European Fashion Heritage Association

Journal Fashion & History

Fascinating Textiles: the Origins of Chintz

24.01.2019
fashion historytextile history

Museums around the world have it in their collection, both as cloth and used in dresses, and it is a material much praised for exhibitions and for studies. But what is chintz exactly?

The word ‘chintz’ originally indicated a woodblock printed, painted or stained calico produced in India from 1600 to 1800.

The exotic textile arrived in Europe during the 17th and 18th century on the ships of the East India Companies, all the way from the Coromandel coast in South-East India. It concerned sturdy but shiny cotton fabrics splendidly decorated with floral patterns. It also hardly stained and resisted washing treatments. In English, this marvel was called chintz, a pluralized version of the Hindi word for ‘bright’. Initially these fabrics were used for curtains, furnishing fabrics, and bed hangings and covers.  It has been suggested that wearing them as clothes began when these were replaced and given to maidservants, who made them into dresses, and also that they were first worn as linings.

By 1680 chintz had become massively popular; more than a million pieces of chintz were being imported into England,France and The Netherlands per year. As chintz was considered a threat for the national textile industries, French and English citizens were prohibited to either produce, import or even wear it for over 70 years, respectively from 1686 and 1701.

The Dutch East India Company was the main importer of chintz fabrics to Europe during the 17th and 18th century, and this is testified by many engravings. In The Netherlands the sale of both original chintz and reproductions flourished; over the years chintz was used for fashionable and for regional dress. The country was happy to cater to its neighbors, to which the Dutch merchandise and the Indian originals were smuggled. Trying to reproduce Indian chintz, the Dutch entrepreneurs did not choose an easy option. Even though in India most of the designs were painted by hand, printing reproductions in the Low Countries remained time-consuming. Weeks if not months were involved in making the natural dyes, cleaning the fabric (beating it with wooden bats), preparing it with a tannin solution (retrieved from plants), submerging it in various baths, rinsing and drying.
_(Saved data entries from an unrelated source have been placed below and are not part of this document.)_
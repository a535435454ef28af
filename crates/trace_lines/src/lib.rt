//! The lines of a trace: what each asks for, and what is printed for it.
//!
//! [`Lines`] reads one line after another from a source, by [`read_line`], which reads a line into a [`Line`]. [`Printed`] is
//! what is printed. Nothing is done here of what a line asks for.
#![tactic(auto)]

mod command;
mod input;
mod job;
mod line;
mod printed;
mod words;

pub use input::{InputFault, Lines, judges_each, reads_one_way};
pub use line::{Line, LineFault, read_line};
pub use printed::Printed;
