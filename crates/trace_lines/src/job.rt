//! The job that an enqueue asks for.
ghost use Rattle.std.specs.Prelude.{◌≡◌, ◌≤◌, length, None, Some, IfErr, IfOk, IfSome, IsTrue};
ghost use Rattle.std.specs.Option.{option_map};
ghost use Rattle.serde_json.specs.Data.{array};
ghost use Rattle.serde_json.specs.View.{view};
ghost use Rattle.job_states.specs.Judged.{Gives};
ghost use Rattle.job_states.specs.Moment.{IsMoment};
ghost use Rattle.job_states.specs.Ranges.{is_envelope};
ghost use Rattle.trace_lines.specs.Jobs as spec;
ghost use Rattle.trace_lines.specs.Ranges.{IsFitJob};

use crate::LineFault;
use crate::words::{argument_in, due_in, name_in, priority_in};
use job_envelope::Envelope;
use job_states::{Arg, Bytes, List, Moment, Name, NewJob, NoMemory, Text};
use serde_json::{Value, json};
use std::alloc::{AllocError, Global};

/// The job that the words after `enqueue` ask for.
#[tactic(auto, unfolding(crate::specs::Jobs::job_of))]
pub(crate) fn job_in(
    alloc: Global,
    class: &str,
    queue: &str,
    priority: &str,
    argument: &str,
    at: &str,
) -> Result<NewJob, LineFault>
    ensures exact { Gives LineFault.NoMemory result (spec.job_of class.now queue.now priority.now argument.now at.now) }
    ensures fit { IfOk result IsFitJob }
{
    let class = name_in(alloc, class)?;
    let queue = name_in(alloc, queue)?;
    let priority = priority_in(priority)?;
    let argument = argument_in(argument)?;
    let at = due_in(at)?;
    whole_job(
        alloc,
        plain_job(alloc, class, queue, priority)?,
        argument,
        at,
    )
}

fn plain_job(alloc: Global, class: Name, queue: Name, priority: i32) -> Result<NewJob, LineFault>
    ensures job { IfOk result (λ job. job ≡ spec.plain_job class queue priority) }
    ensures memory { IfErr result (λ fault. fault ≡ LineFault.NoMemory) }
{
    Ok(NewJob {
        class,
        queue,
        priority,
        active_id: name_in(alloc, "trace")?,
        envelope: Bytes::of(Vec::new(alloc)),
        executions: 0,
        counts: List::of(Vec::new(alloc)),
        at: None,
        args: List::of(Vec::new(alloc)),
    })
}

/// The job with its envelope, its argument and its moment.
fn whole_job(
    alloc: Global,
    job: NewJob,
    argument: Option<&str>,
    at: Option<Moment>,
) -> Result<NewJob, LineFault>
    requires plain { spec.IsPlain job }
    requires fit { IsFitJob job }
    requires moment { IfSome at IsMoment }
    ensures exact { Gives LineFault.NoMemory result (spec.whole_job job (option_map (λ s. s.now) argument.entry) at) }
    ensures fit { IfOk result IsFitJob }
{
    let envelope = envelope_for(alloc, &job, argument)?;
    if envelope.len() > Envelope::MAX_LEN {
        return Err(LineFault::NotALine);
    }
    Ok(NewJob {
        envelope,
        at,
        args: arguments(alloc, argument)?,
        ..job
    })
}

/// The envelope of a job with this argument.
fn envelope_for(alloc: Global, job: &NewJob, argument: Option<&str>) -> Result<Bytes, NoMemory>
    requires { spec.IsPlain job.now }
    ensures text { IfOk result (λ text. text ≡ spec.envelope_for job.now (option_map (λ s. s.now) argument.entry)) }
    ensures range { IfOk result (λ text. length text ≤ 8192 → IsTrue (is_envelope text)) }
{
    Envelope::write(alloc, job, &arguments_value(alloc, argument)?)
}

fn arguments_value(alloc: Global, argument: Option<&str>) -> Result<Value, AllocError>
    ensures { IfOk result (λ value. view value ≡ array (spec.argument_items (option_map (λ s. s.now) argument.entry))) }
{
    match argument {
        Some(text) => json!(in alloc; [text]),
        None => json!(in alloc; []),
    }
}

fn arguments(alloc: Global, argument: Option<&str>) -> Result<List<Arg>, NoMemory>
    ensures args { IfOk result (λ args. args ≡ spec.argument_list (option_map (λ s. s.now) argument.entry)) }
    ensures few { IfOk result (λ args. length args ≤ 1) }
{
    let mut args = Vec::new(alloc);
    if let Some(text) = argument {
        args.push(Arg::Text(Text::read(alloc, text)?))?;
    }
    Ok(List::of(args))
}
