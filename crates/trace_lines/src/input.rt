//! The lines of a trace, one after another from a source.
ghost use Rattle.std.specs.Prelude.{◌≡◌, ◌≢◌, ◌<◌, ◌+◌, ◌⊎◌, ◌++◌, ℕ, List, length, take, drop, position, IfSome, IfNone};
ghost use Rattle.trace_lines.specs.Input.{line_limit, is_feed, HasNoFeed, BeginsWith, IsLine, IsUnfinished, IsBad, IsJudged};

use crate::line::MAX_LEN;
use crate::{Line, LineFault, read_line};
use http_wire::{Buffer, MAX_INPUT, WireFault};
use sq_outside::Source;
use std::alloc::Global;
use std::marker::Model;
use thiserror::Error;

/// Why no line was read.
#[derive(Clone, Copy, Debug, PartialEq, Eq, Error)]
pub enum InputFault {
    /// The line at this place has no form of a line, is longer than 4096 bytes, or isn't ended by a line feed.
    #[error("no line at byte {at}")]
    BadLine { at: u64 },
    /// The source failed.
    #[error("the input failed")]
    ReadFault,
    /// [`MAX_INPUT`] bytes were taken, and the input goes on.
    #[error("the input is longer than {} bytes", MAX_INPUT)]
    InputTooLong,
    /// There was no memory.
    #[error("no memory")]
    NoMemory,
}

/// What was read ahead of a trace, and where it stands in the input.
#[derive(Drop)]
pub struct Lines {
    ahead: Buffer,
    at: u64,
}

impl Model for Lines {
    ghost use Rattle.std.specs.Prelude.{◌+◌, ◌≤◌, length};
    ghost use Rattle.http_wire.specs.Limits.{input_limit};
    ghost use Rattle.trace_lines.specs.Input.{Ahead};

    ghost Value = { Ahead };

    ghost view = { λ l. record { bytes = l.ahead; at = l.at } };

    ghost invariant = { λ l. l.at + length l.ahead ≤ input_limit };
}

impl Lines {
    ghost use Rattle.std.specs.Prelude.{◌≡◌, ◌≤◌, [], IfOk, IfErr};
    ghost use Rattle.http_wire.specs.Limits.{input_limit};
    ghost use Rattle.trace_lines.specs.Input.{IsUnfinished, input_of, taken_of, ReadsNext, FailsWith, LooksAhead, ReadsOn, EndsAhead};

    /// At the start of an input, with nothing read.
    pub fn new(alloc: Global) -> Self
        ensures { result ≡ record { bytes = []; at = 0 } }
    {
        Lines {
            ahead: Buffer::new(alloc),
            at: 0,
        }
    }

    /// The next line, or nothing where the input is at its end. After want of memory a later call goes on from the same
    /// place.
    pub fn next<S: Source>(
        &mut self,
        alloc: Global,
        source: &mut S,
    ) -> Result<Option<Line>, InputFault>
        ensures { ReadsNext (input_of self.old (S.source_state source.old)) result (input_of self.new (S.source_state source.new)) }
    {
        'pieces: loop {
            if let Some(line) = self.line_ahead(alloc)? {
                return Ok(Some(line));
            }
            if !self.read_on(source)? {
                return self.end_ahead();
            }
        }
    }

    // Takes the line that stands first ahead, if it is there whole.
    fn line_ahead(&mut self, alloc: Global) -> Result<Option<Line>, InputFault>
        ensures answer { LooksAhead self.old result self.new }
        ensures within { taken_of self.old ≤ input_limit }
    {
        let ahead = self.ahead.as_slice();
        let Some(len) = text_len(ahead) else {
            if ahead.len() > MAX_LEN {
                return Err(self.bad_line());
            }
            return Ok(None);
        };
        match read_line(alloc, &ahead[..len]) {
            Ok(line) => {
                self.ahead.drop_prefix(len + 1);
                self.at += (len + 1) as u64;
                Ok(Some(line))
            }
            Err(LineFault::NotALine) => Err(self.bad_line()),
            Err(LineFault::NoMemory) => Err(InputFault::NoMemory),
        }
    }

    // Reads more after bytes that are unfinished. Was there more?
    fn read_on<S: Source>(&mut self, source: &mut S) -> Result<bool, InputFault>
        requires { IsUnfinished self.old.bytes }
        ensures read { IfOk result (λ more. ReadsOn (input_of self.old (S.source_state source.old)) more (input_of self.new (S.source_state source.new))) }
        ensures fault { IfErr result (λ fault. FailsWith (input_of self.old (S.source_state source.old)) fault (input_of self.new (S.source_state source.new))) }
    {
        let taken = self.at + self.ahead.as_slice().len() as u64;
        match self.ahead.fill(source, taken) {
            Ok(more) => Ok(more),
            Err(WireFault::ReadFault) => Err(InputFault::ReadFault),
            Err(WireFault::InputTooLong) => Err(InputFault::InputTooLong),
            Err(WireFault::NoMemory) => Err(InputFault::NoMemory),
            Err(_) => unreachable!(),
        }
    }

    // The source is at its end: so is the input, or its last line isn't ended.
    fn end_ahead(&self) -> Result<Option<Line>, InputFault>
        ensures { EndsAhead self.now result }
    {
        if self.ahead.as_slice().is_empty() {
            Ok(None)
        } else {
            Err(self.bad_line())
        }
    }

    // What stands first ahead is no line.
    fn bad_line(&self) -> InputFault
        ensures { result ≡ InputFault.BadLine self.now.at }
    {
        InputFault::BadLine { at: self.at }
    }
}

// The length of the text before the first line feed, if that comes where the longest line has its own, or before.
fn text_len(bytes: &[u8]) -> Option<usize>
    ensures some { IfSome result (λ len. (len < length bytes.now) × BeginsWith bytes.now (take len bytes.now) (drop (len + 1) bytes.now)) }
    ensures none { IfNone result (HasNoFeed (take (line_limit + 1) bytes.now)) }
{
    first_feed(&bytes[..(MAX_LEN + 1).min(bytes.len())])
}

fn first_feed(bytes: &[u8]) -> Option<usize>
    ensures { result ≡ position is_feed bytes.now }
{
    bytes.iter().position(|b| *b == b'\n')
}

/// A trace is read in one way: what begins with a line begins with one line, is neither unfinished nor bad, and begins with the
/// same line whatever follows.
pub fn reads_one_way()
    ensures one { (bytes : List ℕ) (line other : Line) (rest more : List ℕ) → IsLine bytes line rest → IsLine bytes other more
        → (line ≡ other) × (rest ≡ more) }
    ensures finished { (bytes : List ℕ) (line : Line) (rest : List ℕ) → IsLine bytes line rest → IsUnfinished bytes → ⊥ }
    ensures good { (bytes : List ℕ) (line : Line) (rest : List ℕ) → IsLine bytes line rest → IsBad bytes → ⊥ }
    ensures longer { (bytes : List ℕ) (line : Line) (rest more : List ℕ) → IsLine bytes line rest → IsLine (bytes ++ more) line (rest ++ more) }
{}

/// No input is left unjudged: it is empty, begins with a line, or is bad.
pub fn judges_each()
    ensures { (bytes : List ℕ) → IsJudged bytes }
{}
Color dying always happened in the same order: black, red, blue, purple, yellow and green. Some of the colors appeared only when the fabric, hand painted or printed with a type of mordant, was plunged in a dye bath afterwards. Others could be applied to the fabric directly. The bleaching of the white background, which needed to be repeated several times, required a good amount of sun and goat or cow dung. Finishing happened with rice water, in order to make it sturdy; the shiny look was obtained by calendering or by waxing and polishing with a shell.